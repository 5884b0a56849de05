//! A run of a text, as far as it has come.
ghost use Rattle.std.specs.Prelude.{◌≡◌, ◌<◌, ◌^◌, List, [], None, Some, IfSome, not, true, reverse, slice_get};
ghost use Rattle.micro_word.specs.declared.word.Word.{Word as WordValue};
ghost use Rattle.micro_claims.specs.declared.bounds.Bounds.{Bounds as BoundsValue};
ghost use Rattle.seq_core.specs.Progress.{reaches};
ghost use Rattle.refused_run.specs.Stand.{stand_after};
ghost use Rattle.refused_run.specs.Course.{IsRun, IsRunOn, MayGoOn, CyclesAre, reason_of, may_step, may_come, cycles_of, has_room, ends_early, is_end, task_on, state_of};

use crate::bench::{Bench, Stop};
use crate::cycles::Cycles;
use crate::other_work::OtherWork;
use crate::stand::Stand;
use crate::wrong::{fits_in, is_end, is_wrong};
use micro_claims::{Bounds, Reason};
use micro_program::is_ready_status;
use micro_word::{MAX_WORDS, Word};
use onfi_cycle::{Failures, Forbidden, Item, LunState};
use std::alloc::{AllocError, Allocator};
use std::marker::Model;

/// How a run ends at a word: with the reason that stands against it, and the item that isn't permitted, where it comes to one.
#[derive(Clone, Copy, Debug, PartialEq, Eq)]
pub struct End {
    pub word: usize,
    pub reason: Reason,
    pub item: Option<Item>,
}

/// Where a run is: its program, and how it has ended, if it has.
#[derive(Clone, Copy, Debug, PartialEq, Eq)]
pub struct Progress {
    pub stand: Stand,
    pub end: Option<End>,
}

// Before the first word.
const BEGINNING: Progress = Progress {
    stand: Stand::FIRST,
    end: None,
};

/// A run of a text on a channel of one target, whose LUN 0 runs it from row 0 on with a buffer all 00, as far as it has come.
#[derive(Drop)]
pub(crate) struct Course<A: Allocator> {
    words: Vec<Word, A>,
    bounds: Bounds,
    bench: Bench<A>,
    progress: Progress,
}

impl<A: Allocator> Model for Course<A> {
    ghost use Rattle.refused_run.specs.Course.{CourseView, IsRun};

    ghost Value = { CourseView };

    ghost view = { λ c. record { task = record { geometry = c.bench.geometry; bounds = c.bounds; words = c.words.items }; stand = c.progress.stand; past = c.bench.past; end = c.progress.end } };

    ghost invariant = { λ c. IsRun (record { geometry = c.bench.geometry; bounds = c.bounds; words = c.words.items }) c.progress.stand c.bench.past c.progress.end };
}

// The most cycles that a run may cost.
const MOST_SPENT: u64 = 1 << 62;

// The reason that a rule gives.
fn reason_of(rule: Forbidden) -> Reason
    ensures { result ≡ reason_of rule }
{
    match rule {
        Forbidden::CommandUnknown | Forbidden::SeveralLuns => Reason::CommandNotAllowed,
        Forbidden::RowOutside => Reason::RowOrPlaneOutside,
        Forbidden::ColumnOutside => Reason::ColumnTooLarge,
        Forbidden::NotThere
        | Forbidden::SequenceOpen
        | Forbidden::NoColumnToChange
        | Forbidden::CommandMisplaced
        | Forbidden::AddressMisplaced
        | Forbidden::LunBusy
        | Forbidden::QueueClash
        | Forbidden::InputMisplaced
        | Forbidden::NoSoleDriver
        | Forbidden::DataNotReady
        | Forbidden::CacheReadMisplaced
        | Forbidden::CacheProgramMisplaced
        | Forbidden::CopybackMisplaced
        | Forbidden::PlaneNotHeld => Reason::CycleForbidden,
    }
}

// A fifth loop would be entered.
fn lacks_room(stand: &Stand, word: Word) -> bool
    ensures { result ≡ not (has_room stand.now word) }
{
    match word {
        Word::Loop { .. } => stand.loops.fourth.is_some(),
        _ => false,
    }
}

// The `wait` would end while its LUN is busy.
fn ends_early(look: Option<LunState>, word: Word, status: u8) -> bool
    ensures { result ≡ ends_early look word status }
{
    let is_busy = match look {
        None => false,
        Some(look) => look.busy,
    };
    matches!(word, Word::Wait) && is_ready_status(status) && is_busy
}

// The program has the bus, or nothing is open.
fn may_step<A: Allocator>(bench: &Bench<A>, stand: &Stand) -> bool
    ensures { result ≡ may_step (state_of stand.now bench.now) }
{
    stand.holds || !bench.tail().is_open()
}

// Whether a word may come where the program stands, and bring this status.
fn may_come<A: Allocator>(
    bench: &Bench<A>,
    bounds: &Bounds,
    stand: &Stand,
    word: Word,
    status: u8,
) -> bool
    ensures value { (words : List WordValue) → result ≡ may_come (task_on words bounds.now bench.now) (state_of stand.now bench.now) word status }
    ensures little { result ≡ true → reaches stand.now.registers.place word < 2 ^ 32 }
{
    may_step(bench, stand)
        && !is_end(word)
        && fits_in(bounds, stand.registers, word)
        && !lacks_room(stand, word)
        && !ends_early(bench.look(0), word, status)
}

// Where the program stands behind a word, if that may come and bring this status.
fn next_stand<A: Allocator>(
    bench: &Bench<A>,
    bounds: &Bounds,
    stand: Stand,
    word: Word,
    status: u8,
) -> Option<Stand>
    requires at { stand.at < 2 ^ 16 }
    requires spent { stand.spent < 2 ^ 62 }
    ensures { (words : List WordValue) → IfSome result (λ next. MayGoOn words bounds.now bench.now stand word status next) }
{
    if may_come(bench, bounds, &stand, word, status) {
        Some(stand.after(&bench.geometry(), word, status))
    } else {
        None
    }
}

// The run begins anew.
fn begin_anew<A: Allocator>(bench: &mut Bench<A>, progress: &mut Progress)
    ensures same { bench.new.geometry ≡ bench.old.geometry }
    ensures run { (words : List WordValue) (bounds : BoundsValue) → IsRunOn words bounds bench.new progress.new }
{
    bench.restart();
    *progress = BEGINNING;
}

// The LUN of the program becomes ready; whether it could.
fn ready_on<A: Allocator>(
    bench: &mut Bench<A>,
    progress: Progress,
    failed: Failures,
) -> Result<bool, AllocError>
    ensures same { bench.new.geometry ≡ bench.old.geometry }
    ensures run { (words : List WordValue) (bounds : BoundsValue) → IsRunOn words bounds bench.old progress → IsRunOn words bounds bench.new progress }
{
    if progress.end.is_some() {
        return Ok(false);
    }
    let item = Item::Rdy {
        ce: 0,
        lun: 0,
        fail: failed,
    };
    match bench.push(item) {
        Ok(None) => Ok(true),
        Ok(Some(_)) => Ok(false),
        Err(AllocError) => Err(AllocError),
    }
}

// Another LUN does this work; whether it could.
fn other_on<A: Allocator>(
    bench: &mut Bench<A>,
    progress: &mut Progress,
    work: OtherWork,
) -> Result<bool, AllocError>
    ensures same { bench.new.geometry ≡ bench.old.geometry }
    ensures run { (words : List WordValue) (bounds : BoundsValue) → IsRunOn words bounds bench.old progress.old → IsRunOn words bounds bench.new progress.new }
{
    let Progress { stand, end } = *progress;
    if end.is_some() || stand.holds || bench.tail().is_open() {
        return Ok(false);
    }
    let Some(row) = bench.geometry().row_bytes(1, 0, 0) else {
        return Ok(false);
    };
    match work.perform(bench, row) {
        Ok(None) => Ok(true),
        Ok(Some(_)) => {
            begin_anew(bench, progress);
            Ok(false)
        }
        Err(AllocError) => {
            begin_anew(bench, progress);
            Err(AllocError)
        }
    }
}

// The run ends at a word, if a reason that needs no cycle stands against it; whether it does.
#[tactic(auto, using(crate::proofs::Courses::wrong_run))]
fn end_on<A: Allocator>(
    bounds: &Bounds,
    bench: &Bench<A>,
    progress: &mut Progress,
    word: Word,
    reason: Reason,
) -> bool
    requires goes_on { progress.old.end ≡ None }
    requires spent { progress.old.stand.spent < 2 ^ 62 }
    ensures run { (words : List WordValue) → slice_get words progress.old.stand.at ≡ Some word
        → IsRunOn words bounds.now bench.now progress.old → IsRunOn words bounds.now bench.now progress.new }
{
    let stand = progress.stand;
    let is_against = is_wrong(
        &bench.geometry(),
        bounds,
        &stand,
        bench.tail(),
        bench.look(0),
        word,
        reason,
    );
    if is_against {
        progress.end = Some(End {
            word: stand.at,
            reason,
            item: None,
        });
    }
    is_against
}

// The cycles of a word come, and the program stands so behind it, if it may; or the run ends at one of them.
#[tactic(auto, using(crate::proofs::Courses::come_run, crate::proofs::Courses::stop_run))]
fn come_on<A: Allocator>(
    bounds: &Bounds,
    bench: &mut Bench<A>,
    progress: &mut Progress,
    word: Word,
    status: u8,
    cycles: &Cycles,
    next: Option<Stand>,
) -> Result<bool, AllocError>
    requires goes_on { progress.old.end ≡ None }
    requires cycles { CyclesAre (Some cycles.now) (cycles_of bench.old.geometry progress.old.stand.registers word status) }
    requires steps { may_step (state_of progress.old.stand bench.old) ≡ true }
    requires next { (words : List WordValue) → IfSome next (λ s. MayGoOn words bounds.now bench.old progress.old.stand word status s) }
    ensures same { bench.new.geometry ≡ bench.old.geometry }
    ensures run { (words : List WordValue) → slice_get words progress.old.stand.at ≡ Some word
        → IsRunOn words bounds.now bench.old progress.old → IsRunOn words bounds.now bench.new progress.new }
{
    let stand = progress.stand;
    match bench.perform(cycles) {
        Ok(None) => match next {
            Some(next) => {
                progress.stand = next;
                Ok(true)
            }
            None => {
                begin_anew(bench, progress);
                Ok(false)
            }
        },
        Ok(Some(stop)) => {
            progress.end = Some(End {
                word: stand.at,
                reason: reason_of(stop.rule),
                item: Some(stop.item),
            });
            Ok(true)
        }
        Err(AllocError) => {
            begin_anew(bench, progress);
            Err(AllocError)
        }
    }
}

// A word comes, and a poll of it brings this status; or the run ends at a cycle of it. Whether one of both is so.
fn step_on<A: Allocator>(
    bounds: &Bounds,
    bench: &mut Bench<A>,
    progress: &mut Progress,
    word: Word,
    status: u8,
) -> Result<bool, AllocError>
    requires goes_on { progress.old.end ≡ None }
    requires at { progress.old.stand.at < 2 ^ 16 }
    requires spent { progress.old.stand.spent < 2 ^ 62 }
    ensures same { bench.new.geometry ≡ bench.old.geometry }
    ensures run { (words : List WordValue) → slice_get words progress.old.stand.at ≡ Some word
        → IsRunOn words bounds.now bench.old progress.old → IsRunOn words bounds.now bench.new progress.new }
{
    let stand = progress.stand;
    if !may_step(bench, &stand) {
        return Ok(false);
    }
    let next = next_stand(bench, bounds, stand, word, status);
    match Cycles::of(&bench.geometry(), stand.registers, word, status) {
        None => Ok(false),
        Some(cycles) => match come_on(bounds, bench, progress, word, status, &cycles, next) {
            Ok(went) => Ok(went),
            Err(AllocError) => Err(AllocError),
        },
    }
}

impl<A: Allocator> Course<A> {
    /// A run that begins.
    pub(crate) fn begin(words: Vec<Word, A>, bounds: Bounds, bench: Bench<A>) -> Course<A>
        requires { bench.past ≡ [] }
        ensures { result.task ≡ record { geometry = bench.geometry; bounds = bounds; words = words.items } }
    {
        Course {
            words,
            bounds,
            bench,
            progress: BEGINNING,
        }
    }

    /// Begins anew.
    pub(crate) fn restart(&mut self)
        ensures { self.new.task ≡ self.old.task }
    {
        begin_anew(&mut self.bench, &mut self.progress);
    }

    /// Where its program stands.
    pub(crate) fn stand(&self) -> Stand
        ensures { result ≡ self.now.stand }
    {
        self.progress.stand
    }

    /// How it has ended, if it has.
    pub(crate) fn end(&self) -> Option<End>
        ensures value { result ≡ self.now.end }
        ensures run { IsRun self.now.task self.now.stand self.now.past self.now.end }
    {
        // A look at the trace brings what is known of the run.
        let _ = self.bench.items();
        self.progress.end
    }

    /// What has happened, in the order of time.
    pub(crate) fn items(&self) -> &[Item]
        ensures { result.now ≡ reverse self.now.past }
    {
        self.bench.items()
    }

    /// A look at a LUN.
    pub(crate) fn look(&self, lun: u8) -> Option<LunState> {
        self.bench.look(lun)
    }

    /// Nothing is open on the target.
    pub(crate) fn is_closed(&self) -> bool {
        !self.bench.tail().is_open()
    }

    /// The next word of a run that hasn't ended.
    pub(crate) fn next_word(&self) -> Option<Word>
        ensures none { IfSome result (λ word. self.now.end ≡ None) }
        ensures word { IfSome result (λ word. slice_get self.now.task.words self.now.stand.at ≡ Some word) }
        ensures few { IfSome result (λ word. (self.now.stand.at < 2 ^ 16) × (self.now.stand.spent < 2 ^ 62)) }
    {
        let Progress { stand, end } = self.progress;
        if end.is_some() || stand.at >= MAX_WORDS || stand.spent >= MOST_SPENT {
            return None;
        }
        self.words.get(stand.at).copied()
    }

    /// The LUN of the program becomes ready, with failure or without; whether it could.
    pub(crate) fn become_ready(&mut self, failed: Failures) -> Result<bool, AllocError>
        ensures { self.new.task ≡ self.old.task }
    {
        match ready_on(&mut self.bench, self.progress, failed) {
            Ok(came) => Ok(came),
            Err(AllocError) => Err(AllocError),
        }
    }

    /// Another LUN does this work while the program has let the bus go; whether it could. If not, the run is as it was or begins anew.
    pub(crate) fn let_other(&mut self, work: OtherWork) -> Result<bool, AllocError>
        ensures { self.new.task ≡ self.old.task }
    {
        match other_on(&mut self.bench, &mut self.progress, work) {
            Ok(came) => Ok(came),
            Err(AllocError) => Err(AllocError),
        }
    }

    /// Ends at the next word, if this reason stands against it and needs no cycle; whether it does.
    pub(crate) fn end_for(&mut self, reason: Reason) -> bool
        ensures { self.new.task ≡ self.old.task }
    {
        match self.next_word() {
            None => false,
            Some(word) => end_on(&self.bounds, &self.bench, &mut self.progress, word, reason),
        }
    }

    /// The next word comes, and a poll of it brings this status; or the run ends at a cycle of it. Whether one of both is so: if it is not, the run
    /// is as it was or begins anew.
    pub(crate) fn step(&mut self, status: u8) -> Result<bool, AllocError>
        ensures { self.new.task ≡ self.old.task }
    {
        let Some(word) = self.next_word() else {
            return Ok(false);
        };
        match step_on(
            &self.bounds,
            &mut self.bench,
            &mut self.progress,
            word,
            status,
        ) {
            Ok(went) => Ok(went),
            Err(AllocError) => Err(AllocError),
        }
    }
}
···
INSTRUCTIONS FOR THE TASK
Look over the listing. Pull out every line with the string "BEGINNING" in it.

EXPECTED ANSWER
const BEGINNING: Progress = Progress {
    *progress = BEGINNING;
            progress: BEGINNING,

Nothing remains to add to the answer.